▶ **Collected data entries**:
◇ ◇ ◇ ◇
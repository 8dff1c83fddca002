//! The clients of a run, the cores of their files with their volumes, and the writers, which step in turn on one thread, and the
//! report of it.
#![tactic(auto)]

mod cores;
mod drain;
mod home;
mod lends;
mod opens;
mod run;
mod scene;
mod steps;
mod syncs;
mod writes;

pub use run::{Settings, run_scene};
pub use scene::Scene;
◇ ◇ ◇ ◇
▶ **THE PROBLEM**:
Produce a verbatim transcription of the entries above.

▶ **ANSWER TO THE EXERCISE**:
repository 8dff1c83fddca002
//! The clients of a run, the cores of their files with their volumes, and the writers, which step in turn on one thread, and the
//! report of it.
#![tactic(auto)]

mod cores;
mod drain;
mod home;
mod lends;
mod opens;
mod run;
mod scene;
mod steps;
mod syncs;
mod writes;

pub use run::{Settings, run_scene};
pub use scene::Scene;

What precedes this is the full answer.